Whether it is chronic illnesses such as diabetes, inflammation, or disorders of the brain, the management of disease may depend on individualized dietary manipulation of the gut microbiota. But there is still a lack of comprehensive information about using diet as a tool. Because it is difficult to correctly manipulate the human microbiome, there is currently little proof of causation in people (Mendez-Garcia et al. 2018; Leeming et al. 2021).
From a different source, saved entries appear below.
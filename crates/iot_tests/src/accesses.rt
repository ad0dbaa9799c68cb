//! What transactions ask of the tree before them.
use crate::fixtures::{script, tree};
use iot_text::NoMemory;
use iot_tree::{ACT_LIMIT, Files, Question};

#[test]
fn what_moved_is_asked_where_it_was(rt: HostRuntime) -> Result<(), NoMemory> {
    let alloc = rt.alloc();
    let before = tree(&rt, alloc, "mkdir /d\nwrite /d/n 1\n")?;
    let moves = script(&rt, alloc, "mv /d /e\ncat /e/n\nls /e\n")?;
    let ran = iot_exec::run(alloc, moves, Files::new(alloc), &before, ACT_LIMIT)?;
    let access = iot_access::of(alloc, &ran.acts, &before)?;
    assert_eq!(rt; access.updates.len(), 1);
    assert_eq!(rt; access.places.as_slice(), [1, 2, 3, 4, 5].as_slice());
    Ok(())
}
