//! A start that stops at every device call, disks that something else wrote, and checkpoints that come when they are due.
ghost use Rattle.std.specs.Prelude.{◌≡◌, false, IfOk, OnOk};
ghost use Rattle.iot_slots.specs.Layouts.{is_due};
ghost use Rattle.iot_slots.specs.Slots.{IsSynced, layout_of, state_on};

use iot_disk::{Disk, JournalFault, MemDisk, Pick, StartFault};
use iot_slots::{Slots, Started};
use std::alloc::Global;
use std::process::Abort;
use std::test::Fail;

pub(crate) const HEADER: [u8; 8] = *b"IOTSLOT1";

const PICKS: [Pick; 3] = [Pick::Old, Pick::New, Pick::Fill(165)];

/// A disk that was started with the body "ab".
const FRESH: [u8; 62] =
    *b"\xa5IOTSLOT1\xa5\0\0\0\0\0\0\0\x01\x80\0\0\0\0\0\0\x2b\0\0\0\0\0\0\0\0\0\0\0\0\0\0\0\0\0\0\0\0\0\0\0\0\x02ab\0\0\0\0\0\0\0\0\0";

/// Slots that are started after a restart.
fn restarted<D: Disk + Drop>(alloc: Global, mut disk: D) -> Result<(Slots<D>, Started), StartFault>
    ensures { IfOk result (λ made. IsSynced D.medium made.0) }
{
    disk.restart();
    match Slots::start_with(alloc, disk, HEADER, b"ab") {
        Ok(made) => Ok(made),
        Err((_, fault)) => Err(fault),
    }
}

/// The length of the body, the number of records and the count that a start after a restart finds.
pub(crate) fn found<D: Disk + Drop>(
    alloc: Global,
    mut disk: D,
) -> Result<(usize, usize, u64), StartFault> {
    disk.restart();
    match Slots::start(alloc, disk, HEADER) {
        Ok((slots, started)) => {
            let records = started.records.len();
            Ok((started.body.into_vec().len(), records, slots.count()))
        }
        Err((_, fault)) => Err(fault),
    }
}

/// A start after a restart in which this call fails, if it comes: the disk, and whether it started.
fn stopped<D: Disk + Drop>(alloc: Global, mut disk: D, calls: u64, pick: Pick) -> (D, bool) {
    disk.restart();
    disk.arm(calls, pick);
    match Slots::start_with(alloc, disk, HEADER, b"ab") {
        Ok((slots, _)) => (slots.into_disk(), true),
        Err((disk, _)) => (disk, false),
    }
}

/// A start stops at this call, and the next one at that call, if it comes. One that does not stop makes up for both.
fn stops_twice(
    rt: &impl Abort,
    alloc: Global,
    calls: u64,
    again: u64,
    pick: Pick,
) -> Result<(), StartFault> {
    let (disk, started) = stopped(alloc, MemDisk::new(alloc), calls, pick);
    assert_eq!(rt; started, calls == 0);
    let (disk, _) = stopped(alloc, disk, again, pick);
    // A call that was armed and has not come would stay armed.
    let (disk, _) = stopped(alloc, disk, 1, pick);
    let (slots, _) = restarted(alloc, disk)?;
    assert_eq!(rt; slots.into_disk().bytes(), FRESH.as_slice(), "call {calls}");
    Ok(())
}

#[test]
fn a_start_can_stop_and_start_again(rt: HostRuntime) -> Result<(), Fail> {
    for calls in 0..9 {
        for again in 0..10 {
            for pick in PICKS {
                stops_twice(&rt, rt.alloc(), calls, again, pick)?;
            }
        }
    }
    Ok(())
}

#[test]
fn other_bytes_are_refused(rt: HostRuntime) -> Result<(), Fail> {
    let alloc = rt.alloc();
    for at in 0..53 {
        let mut bytes = FRESH;
        bytes[at] ^= 128;
        let flipped = MemDisk::of(alloc, bytes.to_vec(alloc)?)?;
        let want = match at {
            0 | 9 => Ok((0, 0, 0)),
            1..=8 => Err(StartFault::Foreign),
            // No whole checkpoint is at the place that the cell names.
            19..=25 | 43..=50 => Err(StartFault::Damaged { at: 9 }),
            _ => Ok((2, 0, 0)),
        };
        assert_eq!(rt; found(alloc, flipped), want, "flipped at {at}");
    }
    Ok(())
}

/// Makes the checkpoints that are due before an append of a body of so many bytes, and gives their number.
fn make_room<D: Disk>(slots: &mut Slots<D>, size: u64) -> Result<u64, JournalFault>
    requires { IsSynced D.medium slots.old }
    ensures synced { OnOk result (IsSynced D.medium slots.new) }
    ensures room { OnOk result
        (is_due (state_on D.medium slots.new).bodies (layout_of slots.new) size ≡ false) }
{
    if !slots.due(size) {
        return Ok(0);
    }
    slots.checkpoint(b"abcd")?;
    if !slots.due(size) {
        return Ok(1);
    }
    slots.checkpoint(b"abcd")?;
    Ok(2)
}

/// Appends 300 records of this body, and gives the number of checkpoints.
fn fill<D: Disk>(slots: &mut Slots<D>, body: &[u8]) -> Result<u64, JournalFault>
    requires { IsSynced D.medium slots.old }
{
    let mut checkpoints = 0u64;
    for _i in 0..300u32 {
        checkpoints = checkpoints.wrapping_add(make_room(slots, body.len() as u64)?);
        slots.append(body)?;
    }
    Ok(checkpoints)
}

#[test]
fn three_hundred_records_take_checkpoints(rt: HostRuntime) -> Result<(), Fail> {
    let alloc = rt.alloc();
    let body = vec![in alloc; 7; 8192]?;
    let (mut slots, _) = restarted(alloc, MemDisk::new(alloc))?;
    assert_eq!(rt; fill(&mut slots, &body)?, 2);
    assert_eq!(rt; slots.count(), 300);
    // 128 records are before each checkpoint, whose body has four bytes.
    assert_eq!(rt; found(alloc, slots.into_disk())?, (4, 300 - 2 * 128, 300));
    Ok(())
}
New studies should consider improved dietary data collection, further characterization of metabolic interactions, and an increased focus on omic technologies like metabolomics in order to describe the bacterial and metabolic activity of food breakdown as well as its cross talk with the host. Furthermore, clinical evidence with regard to health outcomes is needed before therapeutic food plans for microbial rehabilitation may be developed.

5 Conclusions

The impact of microbes on human health is now universally recognized. This chapter discusses diversity-driven microbial composition, diet-driven modulation, and the consequences of microbial dysbiosis. We attempted to elucidate the healthy gut microbiota and its role in maintaining gut homeostasis. A detailed profile of microbial shifts in diseases such as neurodegenerative disease, cardiovascular disease, asthma, colorectal cancer, etc., has also been discussed along with the gut-microbiota-brain axis. Further, we have also emphasized the currently available/needed therapeutic strategies for restoring the microbial dysbiosis.